[INSTRUCTIONS FOR THE TASK] Pick the lines holding the string "self" out of the records and copy them.

[DATA TO USE]
###

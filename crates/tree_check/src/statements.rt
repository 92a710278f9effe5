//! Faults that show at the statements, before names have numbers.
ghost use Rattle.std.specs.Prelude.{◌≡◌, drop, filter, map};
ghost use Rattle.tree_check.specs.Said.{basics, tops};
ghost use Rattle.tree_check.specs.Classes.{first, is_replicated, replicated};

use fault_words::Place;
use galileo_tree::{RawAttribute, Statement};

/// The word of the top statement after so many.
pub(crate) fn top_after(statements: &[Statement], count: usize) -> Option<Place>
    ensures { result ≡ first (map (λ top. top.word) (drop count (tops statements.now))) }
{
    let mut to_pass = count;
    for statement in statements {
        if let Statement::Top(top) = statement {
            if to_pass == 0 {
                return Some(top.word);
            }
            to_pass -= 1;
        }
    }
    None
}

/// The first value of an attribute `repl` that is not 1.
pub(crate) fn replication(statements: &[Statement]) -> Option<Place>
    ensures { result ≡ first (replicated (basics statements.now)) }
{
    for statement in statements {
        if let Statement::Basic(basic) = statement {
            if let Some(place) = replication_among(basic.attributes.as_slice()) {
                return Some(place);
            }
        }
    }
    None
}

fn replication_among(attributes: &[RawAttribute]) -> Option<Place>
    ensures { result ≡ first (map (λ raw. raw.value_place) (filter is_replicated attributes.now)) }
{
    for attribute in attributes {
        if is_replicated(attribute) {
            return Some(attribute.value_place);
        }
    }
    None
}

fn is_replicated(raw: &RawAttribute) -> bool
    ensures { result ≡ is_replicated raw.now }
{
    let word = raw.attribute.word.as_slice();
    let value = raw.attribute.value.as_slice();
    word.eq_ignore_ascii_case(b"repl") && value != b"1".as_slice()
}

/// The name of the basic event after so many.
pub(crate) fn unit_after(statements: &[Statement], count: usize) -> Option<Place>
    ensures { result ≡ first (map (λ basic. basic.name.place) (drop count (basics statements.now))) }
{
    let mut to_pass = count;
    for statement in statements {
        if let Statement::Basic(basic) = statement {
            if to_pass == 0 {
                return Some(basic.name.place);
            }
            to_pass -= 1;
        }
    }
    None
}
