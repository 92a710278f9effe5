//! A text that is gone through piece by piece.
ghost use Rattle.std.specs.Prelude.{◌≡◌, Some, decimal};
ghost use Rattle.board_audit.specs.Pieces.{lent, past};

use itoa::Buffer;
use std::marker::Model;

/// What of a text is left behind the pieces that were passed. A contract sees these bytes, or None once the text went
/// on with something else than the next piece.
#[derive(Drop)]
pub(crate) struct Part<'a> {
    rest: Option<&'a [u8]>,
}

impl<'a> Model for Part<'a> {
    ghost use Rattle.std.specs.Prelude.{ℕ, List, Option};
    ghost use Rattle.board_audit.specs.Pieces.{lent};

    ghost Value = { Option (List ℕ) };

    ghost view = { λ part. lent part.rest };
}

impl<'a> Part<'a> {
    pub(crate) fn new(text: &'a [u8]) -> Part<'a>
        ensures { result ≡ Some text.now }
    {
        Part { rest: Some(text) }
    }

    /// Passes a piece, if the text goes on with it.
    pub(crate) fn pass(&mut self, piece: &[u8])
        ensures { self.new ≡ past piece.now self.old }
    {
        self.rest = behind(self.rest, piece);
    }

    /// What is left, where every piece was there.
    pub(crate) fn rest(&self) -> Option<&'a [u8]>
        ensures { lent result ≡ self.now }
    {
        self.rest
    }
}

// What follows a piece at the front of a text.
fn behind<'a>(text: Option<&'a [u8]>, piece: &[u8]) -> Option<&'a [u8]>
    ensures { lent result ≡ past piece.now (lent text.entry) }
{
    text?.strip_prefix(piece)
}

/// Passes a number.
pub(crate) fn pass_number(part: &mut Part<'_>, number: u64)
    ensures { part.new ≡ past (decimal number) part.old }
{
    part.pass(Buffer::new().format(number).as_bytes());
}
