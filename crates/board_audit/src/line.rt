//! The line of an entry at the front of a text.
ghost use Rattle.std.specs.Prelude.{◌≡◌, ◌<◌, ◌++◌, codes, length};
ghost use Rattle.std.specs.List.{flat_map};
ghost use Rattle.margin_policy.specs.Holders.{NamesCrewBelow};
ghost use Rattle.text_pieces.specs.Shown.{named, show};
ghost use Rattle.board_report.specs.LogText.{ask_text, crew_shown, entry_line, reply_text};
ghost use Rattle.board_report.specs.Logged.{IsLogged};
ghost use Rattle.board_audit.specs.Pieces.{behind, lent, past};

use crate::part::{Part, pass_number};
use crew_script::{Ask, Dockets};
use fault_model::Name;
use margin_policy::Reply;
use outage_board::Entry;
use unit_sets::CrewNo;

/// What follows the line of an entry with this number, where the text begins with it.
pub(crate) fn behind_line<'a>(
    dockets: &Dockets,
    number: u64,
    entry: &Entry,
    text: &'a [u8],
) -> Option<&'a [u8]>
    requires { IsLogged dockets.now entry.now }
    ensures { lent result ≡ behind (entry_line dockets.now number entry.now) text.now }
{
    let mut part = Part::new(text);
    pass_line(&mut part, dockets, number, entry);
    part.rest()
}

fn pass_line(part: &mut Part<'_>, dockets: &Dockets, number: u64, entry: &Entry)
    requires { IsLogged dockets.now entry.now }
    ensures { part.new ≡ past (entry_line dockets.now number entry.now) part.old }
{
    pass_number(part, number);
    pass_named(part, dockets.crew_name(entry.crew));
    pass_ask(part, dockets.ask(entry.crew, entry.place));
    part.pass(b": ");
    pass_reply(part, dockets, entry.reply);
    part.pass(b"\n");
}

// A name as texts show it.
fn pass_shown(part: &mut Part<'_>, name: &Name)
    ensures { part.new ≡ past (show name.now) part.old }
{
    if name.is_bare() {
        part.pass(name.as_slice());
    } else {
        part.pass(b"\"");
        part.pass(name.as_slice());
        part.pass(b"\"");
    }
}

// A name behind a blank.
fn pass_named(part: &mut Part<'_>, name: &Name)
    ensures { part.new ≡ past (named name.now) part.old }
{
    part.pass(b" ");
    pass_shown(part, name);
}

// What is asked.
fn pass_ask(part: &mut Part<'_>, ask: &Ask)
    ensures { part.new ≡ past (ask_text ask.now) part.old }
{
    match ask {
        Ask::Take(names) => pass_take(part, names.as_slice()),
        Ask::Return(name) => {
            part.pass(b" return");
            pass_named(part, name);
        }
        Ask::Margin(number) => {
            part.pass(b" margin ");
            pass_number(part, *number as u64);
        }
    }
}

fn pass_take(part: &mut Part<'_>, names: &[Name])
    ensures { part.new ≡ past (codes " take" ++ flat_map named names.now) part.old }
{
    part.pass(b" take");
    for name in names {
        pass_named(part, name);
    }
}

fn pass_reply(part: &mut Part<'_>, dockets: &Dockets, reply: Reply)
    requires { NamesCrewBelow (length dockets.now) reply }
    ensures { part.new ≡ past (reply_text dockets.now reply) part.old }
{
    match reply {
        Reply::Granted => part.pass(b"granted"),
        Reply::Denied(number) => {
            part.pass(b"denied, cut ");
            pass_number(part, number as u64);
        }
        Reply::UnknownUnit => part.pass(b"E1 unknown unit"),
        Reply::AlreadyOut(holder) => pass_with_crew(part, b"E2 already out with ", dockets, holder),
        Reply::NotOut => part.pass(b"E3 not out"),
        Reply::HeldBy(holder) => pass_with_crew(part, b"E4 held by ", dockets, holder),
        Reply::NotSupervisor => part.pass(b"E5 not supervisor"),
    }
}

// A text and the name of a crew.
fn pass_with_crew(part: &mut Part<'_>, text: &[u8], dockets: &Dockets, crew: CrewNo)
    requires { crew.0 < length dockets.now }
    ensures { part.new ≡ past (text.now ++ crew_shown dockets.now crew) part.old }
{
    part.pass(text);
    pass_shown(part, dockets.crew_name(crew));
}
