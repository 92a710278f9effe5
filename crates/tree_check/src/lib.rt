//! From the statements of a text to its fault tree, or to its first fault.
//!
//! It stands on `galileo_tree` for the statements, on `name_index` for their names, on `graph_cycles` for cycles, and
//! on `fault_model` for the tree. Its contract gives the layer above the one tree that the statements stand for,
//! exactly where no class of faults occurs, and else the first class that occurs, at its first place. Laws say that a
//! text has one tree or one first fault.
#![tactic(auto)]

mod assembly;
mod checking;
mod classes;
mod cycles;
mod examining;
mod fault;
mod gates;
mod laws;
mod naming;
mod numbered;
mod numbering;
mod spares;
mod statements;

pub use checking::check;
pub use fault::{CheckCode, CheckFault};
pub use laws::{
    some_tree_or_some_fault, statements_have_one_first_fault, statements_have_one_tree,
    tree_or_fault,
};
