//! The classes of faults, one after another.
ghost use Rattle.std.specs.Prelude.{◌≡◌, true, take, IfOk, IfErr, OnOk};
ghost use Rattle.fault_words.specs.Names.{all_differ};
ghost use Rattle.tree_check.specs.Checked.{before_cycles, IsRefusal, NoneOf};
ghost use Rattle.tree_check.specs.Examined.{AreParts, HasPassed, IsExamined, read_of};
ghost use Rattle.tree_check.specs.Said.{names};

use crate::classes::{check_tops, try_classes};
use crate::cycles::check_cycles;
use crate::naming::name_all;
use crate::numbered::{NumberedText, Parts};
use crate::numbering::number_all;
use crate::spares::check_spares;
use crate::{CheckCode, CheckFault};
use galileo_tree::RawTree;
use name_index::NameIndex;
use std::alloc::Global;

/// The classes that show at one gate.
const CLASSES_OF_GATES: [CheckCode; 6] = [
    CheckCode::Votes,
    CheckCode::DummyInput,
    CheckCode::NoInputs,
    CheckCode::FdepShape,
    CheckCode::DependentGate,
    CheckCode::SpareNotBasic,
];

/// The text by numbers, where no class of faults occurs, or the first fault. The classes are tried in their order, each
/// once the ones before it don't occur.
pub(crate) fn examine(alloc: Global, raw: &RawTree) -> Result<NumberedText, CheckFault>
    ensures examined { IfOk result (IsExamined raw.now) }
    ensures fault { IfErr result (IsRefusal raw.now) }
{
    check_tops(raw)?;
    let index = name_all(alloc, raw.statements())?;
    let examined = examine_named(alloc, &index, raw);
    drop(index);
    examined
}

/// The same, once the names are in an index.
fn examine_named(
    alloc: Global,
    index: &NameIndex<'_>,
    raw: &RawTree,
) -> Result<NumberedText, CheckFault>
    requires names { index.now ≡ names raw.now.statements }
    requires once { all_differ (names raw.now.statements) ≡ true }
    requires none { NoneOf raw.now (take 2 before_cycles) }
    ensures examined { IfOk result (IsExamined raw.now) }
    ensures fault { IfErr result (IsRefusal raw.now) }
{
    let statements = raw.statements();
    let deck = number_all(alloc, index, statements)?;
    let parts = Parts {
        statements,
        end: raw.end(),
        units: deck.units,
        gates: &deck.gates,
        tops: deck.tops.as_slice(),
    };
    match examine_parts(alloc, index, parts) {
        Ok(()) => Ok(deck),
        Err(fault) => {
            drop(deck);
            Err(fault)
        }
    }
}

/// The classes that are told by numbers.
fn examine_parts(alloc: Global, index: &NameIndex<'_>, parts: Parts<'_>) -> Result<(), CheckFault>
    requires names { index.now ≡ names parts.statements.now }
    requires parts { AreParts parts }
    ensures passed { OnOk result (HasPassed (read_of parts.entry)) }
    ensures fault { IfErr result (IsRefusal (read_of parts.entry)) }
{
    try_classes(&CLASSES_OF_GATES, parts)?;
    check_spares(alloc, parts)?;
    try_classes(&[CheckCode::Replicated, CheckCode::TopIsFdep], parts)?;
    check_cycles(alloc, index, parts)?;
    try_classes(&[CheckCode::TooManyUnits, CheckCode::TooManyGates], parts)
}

###

[WRITTEN RESPONSE]
    pub(crate) fn pass(&mut self, piece: &[u8])
        ensures { self.new ≡ past piece.now self.old }
        self.rest = behind(self.rest, piece);
    pub(crate) fn rest(&self) -> Option<&'a [u8]>
        ensures { lent result ≡ self.now }
        self.rest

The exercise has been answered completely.